Hot mud isn't made to be a paintable surface as far as I know. I've had flashing issues years back trying to get away with it. No real reason to final coat with hotty when reg mud dries just as quick if your other coats were on the money :thumbsup:


----------



## PrecisionTaping

2buckcanuck said:


>


Seriously!? Where the hell did you find that!?


----------



## fenez

thefinisher said:


> never seen that done, have any pictures?


It's widely used here. It doesn't look any different than regular finishing, it just allows you to finish it quickly it is still the basically the same method,
Rough, coat, polish.
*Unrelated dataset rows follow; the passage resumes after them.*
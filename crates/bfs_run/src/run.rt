// A whole run: a volume is mounted, a script is read or a workload made, its lines are run, and the volume is closed.
ghost use Rattle.std.specs.Prelude.{◌≡◌, ◌⊎◌, ◌≤◌, ℕ, List, [], Some, None, IfOk, IfErr, MatchResult};
ghost use Rattle.std.specs.List.{All};
ghost use Rattle.bfs_base.specs.Counts.{Rose};
ghost use Rattle.bfs_disk.specs.State.{Tells, Holds};
ghost use Rattle.bfs_tree.specs.Histories.{Mounted};
ghost use Rattle.bfs_command.specs.declared.line.Line as line;
ghost use Rattle.bfs_command.specs.Forms.{IsLineInForm};
ghost use Rattle.bfs_replay.specs.Recover.{GoesOn};
ghost use Rattle.bfs_script.specs.Scripts.{script_of, bad_line};
ghost use Rattle.bfs_device_blocks.specs.Lent.{HasCore};
ghost use Rattle.bfs_core.specs.Chains.{Image};
ghost use Rattle.bfs_core.specs.Moments.{Adoption, adopted_from};
ghost use Rattle.bfs_volume.specs.Mounts.{IsMountedFrom, IsUnmounted, HasUnmountedCause, mounted_image};
ghost use Rattle.bfs_volume.specs.Unmounted as mounting;
ghost use Rattle.bfs_soak.specs.Workload.{workload};
ghost use Rattle.bfs_run.specs.Sources.{IsReadOf};
ghost use Rattle.bfs_run.specs.Runs.{AreLinesOf, HasNoScript, HasRun, HasRunFailures, IsEarly, IsScriptOf, IsUnmountedRun, SaysScript};

use crate::lines::run_script;
use crate::quiet::make_quiet;
use crate::source::{Unread, read_source};
use crate::watch::Watcher;
use bfs_device::DeviceFault;
use bfs_disk::Disk;
use bfs_ports::{Clock, Source};
use bfs_replay::MountFault;
use bfs_script::{Script, ScriptFault, lines_are_in_form, parse_vec};
use bfs_soak::{make_workload, workload_is_in_form};
use bfs_tree::Entry;
use bfs_volume::{Unmounted, Volume};
use std::alloc::Global;

/// A volume on which all lines were run, and that was closed: its entries, how closing has ended, and how many nodes the tree has after them.
#[derive(Debug, Drop)]
pub struct Closed {
    pub history: Vec<Entry>,
    pub ended: Result<(), DeviceFault>,
    pub nodes: u64,
}

/// How a run has ended.
#[derive(Debug, Drop)]
pub enum Run {
    /// The volume isn't mounted.
    Unmounted(Unmounted),
    /// The script can't be read.
    Unread,
    /// This line of the script is wrong, and no line was run.
    BadLine(u32),
    /// No memory was found. Some lines may have been run.
    NoMemory,
    /// All lines were run, and the volume was closed.
    Closed(Closed),
}

/// Reads a script from a source.
fn read_script<R: Source>(alloc: Global, source: &mut R) -> Result<Script, Run>
    ensures form { IfOk result (All IsLineInForm) }
    ensures script { (left : List ℕ) → R.left source.old ≡ Some left → IfOk result (λ lines. (read : List ℕ) × IsReadOf left read × (lines ≡ script_of read) × (bad_line read ≡ None)) }
    ensures refused { (left : List ℕ) → R.left source.old ≡ Some left → IfErr result (λ run. HasNoScript run ⊎ ((read : List ℕ) × IsReadOf left read × IsScriptOf run read)) }
    ensures unread { IfErr result (λ run. run ≡ Run.Unread → Rose (R.faults source.old) (R.faults source.new)) }
    ensures early { IfErr result IsEarly }
    ensures later { R.faults source.old ≤ R.faults source.new }
{
    lines_are_in_form();
    let bytes = match read_source(alloc, source) {
        Ok(bytes) => bytes,
        Err(Unread::Failed) => return Err(Run::Unread),
        Err(Unread::NoMemory) => return Err(Run::NoMemory),
    };
    match parse_vec(alloc, bytes) {
        Ok(script) => Ok(script),
        Err(ScriptFault::Line { number }) => Err(Run::BadLine(number)),
        Err(ScriptFault::NoMemory) => Err(Run::NoMemory),
    }
}

/// Runs the lines of a script on a volume, and closes it.
fn run_lines<D: Disk, C: Clock + Drop, P: Watcher>(
    alloc: Global,
    mut volume: Volume<D, C>,
    script: &Script,
    watcher: &P,
) -> (Run, D)
    requires form { All IsLineInForm script.now }
    requires fresh { volume.space.view.history ≡ [] }
    ensures run { (t0 : Mounted) (adopted : Adoption) (first : Image) → adopted.first ≡ Some first → HasCore t0 adopted volume.space.view volume.device.books (D.state volume.device.disk) (D.clock volume.device.disk) (D.since volume.device.disk) → volume.device.books.stop ≡ None
        → HasRun t0 first result.0 script.now (D.state result.1) adopted.begun (D.since result.1) (C.stands volume.clock) (D.faults volume.device.disk) (D.faults result.1) (D.stops volume.device.disk) (D.stops result.1) }
    ensures failures { volume.device.books.stop ≡ None → HasRunFailures result.0 (D.faults volume.device.disk) (D.faults result.1) (D.stops volume.device.disk) (D.stops result.1) }
    ensures script { (read : List ℕ) → bad_line read ≡ None → IsScriptOf result.0 read }
    ensures ended { IsUnmountedRun result.0 → ⊥ }
    ensures read { result.0 ≡ Run.Unread → ⊥ }
    ensures good { (number : ℕ) → result.0 ≡ Run.BadLine number → ⊥ }
    ensures later { D.faults volume.device.disk ≤ D.faults result.1 }
    ensures disk_clock { D.clock volume.device.disk ≤ D.clock result.1 }
{
    let root = volume.root();
    let ran = run_script(alloc, &mut volume, root, script, watcher);
    let nodes = volume.nodes();
    let (disk, _clock, history, ended) = volume.close();
    match ran {
        Ok(()) => {
            let closed = Closed {
                history,
                ended,
                nodes,
            };
            (Run::Closed(closed), disk)
        }
        Err(_) => (Run::NoMemory, disk),
    }
}

/// Gives a volume up on which nothing was run.
fn give_up<D: Disk, C: Clock + Drop>(volume: Volume<D, C>, end: Run) -> (Run, D)
    requires fresh { volume.space.view.history ≡ [] }
    requires early { IsEarly end }
    ensures end { result.0 ≡ end }
    ensures disk { result.1 ≡ volume.device.disk }
    ensures run { (t0 : Mounted) (adopted : Adoption) (first : Image) (lines : List line.Line) → adopted.first ≡ Some first → HasCore t0 adopted volume.space.view volume.device.books (D.state volume.device.disk) (D.clock volume.device.disk) (D.since volume.device.disk) → volume.device.books.stop ≡ None
        → HasRun t0 first result.0 lines (D.state result.1) adopted.begun (D.since result.1) (C.stands volume.clock) (D.faults volume.device.disk) (D.faults result.1) (D.stops volume.device.disk) (D.stops result.1) }
    ensures failures { volume.device.books.stop ≡ None → HasRunFailures result.0 (D.faults volume.device.disk) (D.faults result.1) (D.stops volume.device.disk) (D.stops result.1) }
{
    let (disk, _clock, _history) = volume.abandon();
    (end, disk)
}

/// Mounts the volume on a disk, which a barrier has made quiet first.
fn mount_quiet<D: Disk, C: Clock + Drop>(
    alloc: Global,
    mut disk: D,
    clock: C,
    cache: u32,
) -> Result<Volume<D, C>, (Unmounted, D)>
    ensures core { (t0 : Mounted) (image : List ℕ) → Tells (D.state disk) (Holds image) → (mounted : IsMountedFrom image t0)
        → IfOk result (λ v. HasCore t0 (adopted_from (D.clock disk) (D.clock v.device.disk) (Some (mounted_image mounted))) v.space.view v.device.books (D.state v.device.disk) (D.clock v.device.disk) (D.since v.device.disk)) }
    ensures clock { IfOk result (λ v. v.clock ≡ clock) }
    ensures fresh { IfOk result (λ v. v.space.view.history ≡ []) }
    ensures refused { (image : List ℕ) → Tells (D.state disk) (Holds image) → IfErr result (λ e. IsUnmounted image e.0) }
    ensures moments { (image : List ℕ) → Tells (D.state disk) (Holds image) → IfErr result (λ e. (c : List ℕ) → D.since e.1 (D.clock disk) c → ∥ GoesOn image c ∥₁) }
    ensures cause { IfErr result (λ e. HasUnmountedCause (D.faults disk) (D.faults e.1) e.0) }
    ensures going { IfOk result (λ v. v.device.books.stop ≡ None) }
    ensures stops { MatchResult result (λ v. D.stops disk ≤ D.stops v.device.disk) (λ e. D.stops disk ≤ D.stops e.1) }
    ensures later { MatchResult result (λ v. D.faults disk ≤ D.faults v.device.disk) (λ e. D.faults disk ≤ D.faults e.1) }
    ensures disk_clock { MatchResult result (λ v. D.clock disk ≤ D.clock v.device.disk) (λ e. D.clock disk ≤ D.clock e.1) }
{
    let before = disk.faults();
    match make_quiet(&mut disk) {
        Ok(()) => {}
        Err(_) => {
            let after = disk.faults();
            let fault = MountFault::Disk { before, after };
            return Err((Unmounted::Unread(fault), disk));
        }
    }
    match Volume::mount(alloc, disk, clock, cache) {
        Ok(volume) => Ok(volume),
        Err((why, disk, _clock)) => Err((why, disk)),
    }
}

/// Runs the shell: a volume is mounted on the disk, a script is read from the source to its end, its lines are run one after the other, and the volume
/// is closed. `cache` is for how many read blocks there is room meanwhile. The watcher is told how many lines are run. The disk is handed back.
pub fn run_shell<D: Disk, R: Source, C: Clock + Drop, P: Watcher>(
    alloc: Global,
    disk: D,
    source: &mut R,
    clock: C,
    cache: u32,
    watcher: &P,
) -> (Run, D)
    // Why it isn't mounted is true of what the disk held, a failed disk has its cause, and a crash meanwhile left the image, or one that is replayed to
    // the same.
    ensures unmounted { (image : List ℕ) → Tells (D.state disk) (Holds image) → (why : mounting.Unmounted) → result.0 ≡ Run.Unmounted why → IsUnmounted image why }
    ensures unmounted_moments { (image : List ℕ) → Tells (D.state disk) (Holds image) → IsUnmountedRun result.0 → (c : List ℕ) → D.since result.1 (D.clock disk) c → ∥ GoesOn image c ∥₁ }
    ensures cause { (why : mounting.Unmounted) → result.0 ≡ Run.Unmounted why → HasUnmountedCause (D.faults disk) (D.faults result.1) why }
    ensures unread { result.0 ≡ Run.Unread → Rose (R.faults source.old) (R.faults source.new) }
    ensures later { D.faults disk ≤ D.faults result.1 }
    ensures disk_clock { D.clock disk ≤ D.clock result.1 }
    // Of each failed entry the disk's counts of faults, and of a stop, are told, whatever the disk tells.
    ensures failures { IsUnmountedRun result.0 ⊎ HasRunFailures result.0 (D.faults disk) (D.faults result.1) (D.stops disk) (D.stops result.1) }
    // What a script is refused for is true of it, whatever the disk tells.
    ensures script { SaysScript (R.left source.old) result.0 }
    // Over what the disk tells, it is a run of the lines that were read, on the volume that the image recovers to; from the call on.
    ensures run { (t0 : Mounted) (image : List ℕ) → Tells (D.state disk) (Holds image) → (mounted : IsMountedFrom image t0)
        → IsUnmountedRun result.0 ⊎ ((lines : List line.Line) × HasRun t0 (mounted_image mounted) result.0 lines (D.state result.1) (D.clock disk) (D.since result.1) (C.stands clock) (D.faults disk) (D.faults result.1) (D.stops disk) (D.stops result.1) × AreLinesOf (R.left source.old) result.0 lines) }
{
    let volume = match mount_quiet(alloc, disk, clock, cache) {
        Ok(volume) => volume,
        Err((why, disk)) => return (Run::Unmounted(why), disk),
    };
    match read_script(alloc, source) {
        Ok(script) => run_lines(alloc, volume, &script, watcher),
        Err(end) => give_up(volume, end),
    }
}

/// Runs a workload on the volume of a disk, as `run_shell` runs a script: the lines that follow from a seed, `count` of them behind the first four.
pub fn run_workload<D: Disk, C: Clock + Drop, P: Watcher>(
    alloc: Global,
    disk: D,
    clock: C,
    seed: u64,
    count: u32,
    cache: u32,
    watcher: &P,
) -> (Run, D)
    requires count { count ≤ 1048572 }
    ensures unmounted { (image : List ℕ) → Tells (D.state disk) (Holds image) → (why : mounting.Unmounted) → result.0 ≡ Run.Unmounted why → IsUnmounted image why }
    ensures unmounted_moments { (image : List ℕ) → Tells (D.state disk) (Holds image) → IsUnmountedRun result.0 → (c : List ℕ) → D.since result.1 (D.clock disk) c → ∥ GoesOn image c ∥₁ }
    ensures cause { (why : mounting.Unmounted) → result.0 ≡ Run.Unmounted why → HasUnmountedCause (D.faults disk) (D.faults result.1) why }
    // No script is read, and no line is wrong.
    ensures unread { result.0 ≡ Run.Unread → ⊥ }
    ensures good { (number : ℕ) → result.0 ≡ Run.BadLine number → ⊥ }
    ensures later { D.faults disk ≤ D.faults result.1 }
    ensures disk_clock { D.clock disk ≤ D.clock result.1 }
    // Of each failed entry the disk's counts of faults, and of a stop, are told, whatever the disk tells.
    ensures failures { IsUnmountedRun result.0 ⊎ HasRunFailures result.0 (D.faults disk) (D.faults result.1) (D.stops disk) (D.stops result.1) }
    // Over what the disk tells, it is a run of the workload's lines, on the volume that the image recovers to; from the call on.
    ensures run { (t0 : Mounted) (image : List ℕ) → Tells (D.state disk) (Holds image) → (mounted : IsMountedFrom image t0)
        → IsUnmountedRun result.0 ⊎ HasRun t0 (mounted_image mounted) result.0 (workload seed count) (D.state result.1) (D.clock disk) (D.since result.1) (C.stands clock) (D.faults disk) (D.faults result.1) (D.stops disk) (D.stops result.1) }
{
    workload_is_in_form();
    let volume = match mount_quiet(alloc, disk, clock, cache) {
        Ok(volume) => volume,
        Err((why, disk)) => return (Run::Unmounted(why), disk),
    };
    match make_workload(alloc, seed, count) {
        Ok(script) => run_lines(alloc, volume, &script, watcher),
        Err(_) => give_up(volume, Run::NoMemory),
    }
}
At least that what tapers here in N..Y call all the coats.


----------



## A smooth finish

I use alot of 5 min mud. Alot of my work is repair. Proform 5 Min is awesome It sands great.


----------



## thefinisher

A smooth finish said:


> I use alot of 5 min mud. Alot of my work is repair. Proform 5 Min is awesome It sands great.


Yep that is all I use. And if you mix it right you can get close to 10 minutes out of it :yes:


----------



## A smooth finish

thefinisher said:


> Yep that is all I use. And if you mix it right you can get close to 10 minutes out of it :yes:


Ya I love it. Its nice a creamy compared to the sheet rock stuff that just sucks,


----------



## Whosnxt1776

Since we are on the topic of hot mud. I would really appreciate if someone would invent and apparatus that mixed it for you. I know if you need to use a lot you can mix it in a bucket. But sometimes you need a few pan fulls and I hate mixing it in my pan with my 6. 

Or if you mix a whole bucket it will be set before you can use it all on certain jobs. We recently did a job where a local business installed some large windows in the side of the building and the rock around them was replaced and they needed to be wrapped with bead. We wanted to coat and skim that day. So we used 45 rucco and mixed it a pan at a time since the job took several hours. Then skim with murco and sanded the next day. 

But I would have loved to have had something to make mixing a pan full easier.


----------



## sdrdrywall

Use a little hand held kitchen mixer with the 2 beaters fits right in the pan sounds stupid but works


----------



## brianmulligan

*3 coats and your out*

Hey thanks for all your helpful responses.

Couple comments

I never thought about it but I agree with the Finisher concerning the differences between setup and drying. I do think it takes longer to dry. Fenez you were the only one who's using straight flex in the corners, definitely something I'm going to do in the future, but what is "gauging plaster"? I didn't understand your explaination to the Finisher.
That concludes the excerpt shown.